Use the Clausius-Clapeyron equation.
ln(p2/p1) = (dHvap/R)(1/T1 - 1/T2)
make p2 = 3.5p1.Remember T must be in kelvin.
ln(p2/p1) = (dHvap/R)(1/T1 - 1/T2)
make p2 = 3.5p1.Remember T must be in kelvin.
ln(P2/P1) = -(ΔHvap/R) * (1/T2 - 1/T1)
Where:
P1 is the initial vapor pressure (361 K in this case)
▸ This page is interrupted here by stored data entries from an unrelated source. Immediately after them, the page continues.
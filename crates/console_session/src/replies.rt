// The replies of commands. Each text is decided here once.
ghost use Rattle.std.specs.Prelude.{◌≤◌, ◌∷◌, [], IfOk, Ok, drop, false, codes, length};
ghost use Rattle.search_paths.specs.Path.{rows_of};
ghost use Rattle.reply_pieces.specs.Pieces.{text_of, joined, PutsText};
ghost use Rattle.cmd_buffer.specs.Aliases.{HoldsAliases, alias_texts};
ghost use Rattle.block_report.specs.Reports.{report_text};
ghost use Rattle.info_text.specs.Dumps.{dump_text};
ghost use Rattle.info_text.specs.Infos.{info_text};
ghost use Rattle.info_text.specs.LeafRows.{leaf_text};
ghost use Rattle.info_text.specs.Lines.{bad_text, resource_text};
ghost use Rattle.res_table.specs.Images.{HasFileName, IsImage, file_of};
ghost use Rattle.wad2_lumps.specs.Pictures.{pixels_end};
ghost use Rattle.console_session.specs.Pictures.{picture_told};
ghost use Rattle.console_session.specs.Telling.{Puts, acquired_told, refused_told, load_told, block_told, cvar_told, alias_told};
ghost use Rattle.console_session.specs.Commands.{missing_text, beyond_text, short_text, full_text, long_name_text};
ghost use Rattle.console_session.specs.Commands.{absent_text, block_text, map_text, not_map_text, not_wad_text};
ghost use Rattle.console_session.specs.Commands.{no_map_text, no_wad_text, spaced};
ghost use Rattle.console_session.specs.Commands.{exec_text, file_text, cvar_text, expansion_text, unknown_text};
ghost use Rattle.console_session.specs.Commands.{alias_line, alias_lines, alias_list, mount_line, mount_lines};

use crate::ends::{Fault, Next};
use base_fields::GameName;
use block_report::report;
use cmd_buffer::{AliasError, Aliases, Words};
use file_load::LoadError;
use info_text::{
    LumpError, dump, info, put_bad, put_leaf_row, put_lump_error, put_picture, put_resource,
};
use mem_model::{Place, RoomError, Store, ZoneError};
use outside_io::{Folder, Sink, SinkFailed};
use reply_pieces::{Piece, put_all};
use res_table::{AcquireError, Fault as Wrong, Kind, Res, Table};
use search_paths::{MountRow, Paths};
use wad2_lumps::{LumpName, Picture};

// A path has 65536 folders at most, each with 32 packs at most.
const MOST_MOUNTS: u32 = 33 * 65536;

// Puts a reply, after which the console goes on.
pub fn reply<O: Sink>(out: &mut O, pieces: &[Piece]) -> Result<Next, Fault>
    ensures { Puts O.Sink (Ok (text_of pieces.now)) Next.Goes out.old out.new result }
{
    match put_all(out, pieces) {
        Ok(()) => Ok(Next::Goes),
        Err(_) => Err(Fault::Write),
    }
}

pub fn put_runaway<O: Sink>(out: &mut O) -> Result<bool, Fault>
    ensures { Puts O.Sink (Ok (codes "runaway\n")) false out.old out.new result }
{
    match out.put(b"runaway\n") {
        Ok(()) => Ok(false),
        Err(_) => Err(Fault::Write),
    }
}

pub fn put_too_long<O: Sink>(out: &mut O) -> Result<Next, Fault>
    ensures { Puts O.Sink (Ok (joined (codes "line too long\n" ∷ []))) Next.Goes out.old out.new result }
{
    reply(out, &[Piece::Text(b"line too long\n")])
}

pub fn put_bad_name<O: Sink>(out: &mut O) -> Result<Next, Fault>
    ensures { Puts O.Sink (Ok (joined (codes "bad name\n" ∷ []))) Next.Goes out.old out.new result }
{
    reply(out, &[Piece::Text(b"bad name\n")])
}

pub fn put_bad_number<O: Sink>(out: &mut O) -> Result<Next, Fault>
    ensures { Puts O.Sink (Ok (joined (codes "bad number\n" ∷ []))) Next.Goes out.old out.new result }
{
    reply(out, &[Piece::Text(b"bad number\n")])
}
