// One task's record, by value: where the task stands, which register its next call touches, the
// record after the call, and what the call tells. Clauses ask `permitted s`, as those of `places` do and
// for the reason that stands there.

#![tactic(auto)]

ghost use Rattle.std.specs.Prelude.{◌≡◌, T};
ghost use Rattle.machine.specs.Settings.{permitted};
ghost use Rattle.machine.specs.Records.{state_in_range, record_in_range, is_idle, is_seeking, is_holding};
ghost use Rattle.machine.specs.Turn.{access, next_record};
ghost use Rattle.demands.specs.Calls.{told_of};
ghost use Rattle.records.specs.Held.{held_name};

use accesses::{release_access, turn_access};
use machine::{Access, Kind, Name, Record, Settings, State, TaskId, Told};
use places::name_at;

// Three tests of a line each, and no one with the state as a parameter: docs/CONTRACTS.md names each.

// Whether the task is idle.
pub fn is_idle(this: Record) -> bool
    ensures { result ≡ is_idle this.state }
{
    matches!(this.state, State::Idle)
}

// Whether the task seeks.
pub fn is_seeking(this: Record) -> bool
    ensures { result ≡ is_seeking this.state }
{
    matches!(this.state, State::Seeking(_))
}

// Whether the task holds a name.
pub fn is_holding(this: Record) -> bool
    ensures { result ≡ is_holding this.state }
{
    matches!(this.state, State::Holding(_))
}

// The register that a call touches: none for an ask. Kind and task are two parameters, as the
// definitions have them.
pub fn access(s: Settings, kind: Kind, task: TaskId, this: Record) -> Option<Access>
    requires { T (permitted s) × T (state_in_range s this.state) }
    ensures { result ≡ access s kind task.0 this.state }
{
    match kind {
        Kind::Ask => None,
        Kind::Turn => turn_access(s, task, this),
        Kind::Release => release_access(s, task, this),
    }
}

// The record after an accepted call, where v is the value that its access read.
pub fn next(s: Settings, kind: Kind, task: TaskId, this: Record, v: u32) -> Record
    requires { T (permitted s) × T (record_in_range s this) }
    ensures { result ≡ next_record s kind task.0 this v }
{
    match kind {
        Kind::Ask => Record {
            state: s.arrive(0, 0),
            turns: 0,
        },
        Kind::Turn => this.turned(s, task, v),
        Kind::Release => Record {
            state: State::Idle,
            turns: 0,
        },
    }
}

// The name of the place that the task holds.
fn held(s: Settings, this: Record) -> Option<Name>
    requires { T (permitted s) × T (state_in_range s this.state) }
    ensures { result ≡ held_name s this.state }
{
    match this.state {
        State::Holding(place) => Some(name_at(s, place)),
        State::Idle | State::Seeking(_) => None,
    }
}

// What an accepted call tells, from the record before it and the record after it: "seeks", or "holds"
// with the name; of a release the freed name.
pub fn told(s: Settings, kind: Kind, before: Record, after: Record) -> Told
    requires { T (permitted s) × T (state_in_range s before.state) × T (state_in_range s after.state) }
    ensures { result ≡ told_of s kind before.state after.state }
{
    match kind {
        Kind::Ask | Kind::Turn => held(s, after).map_or(Told::Seeks, Told::Holds),
        Kind::Release => held(s, before).map_or(Told::Seeks, Told::Freed),
    }
}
P2 is the final vapor pressure (3.5 times P1)
ΔHvap is the molar heat of vaporization (55.30 kJ/mol)
R is the ideal gas constant (8.314 J/(mol·K))
T1 is the initial temperature (361 K)
T2 is the final temperature (what we need to find)
Now, let's plug in the values into the equation:
ln(3.5P1/P1) = -(55.30 kJ/mol)/(8.314 J/(mol·K)) * (1/T2 - 1/361 K)
ln(3.5) = -(55.30 kJ/mol)/(8.314 J/(mol·K)) * (1 - 1/361 K)
Now we can solve the equation for T2:
ln(3.5) = -(55.30 kJ/mol)/(8.314 J/(mol·K)) * (360/361)
ln(3.5) = -6.6636 * (360/361)
To isolate T2, we divide both sides by -6.6636:
T2 = (-(55.30 kJ/mol)/(8.314 J/(mol·K)) * (360/361)) / ln(3.5)
T2 ≈ 342 K
So, at approximately 342 Kelvin temperature, the vapor pressure will be 3.50 times higher than it was at 361 K.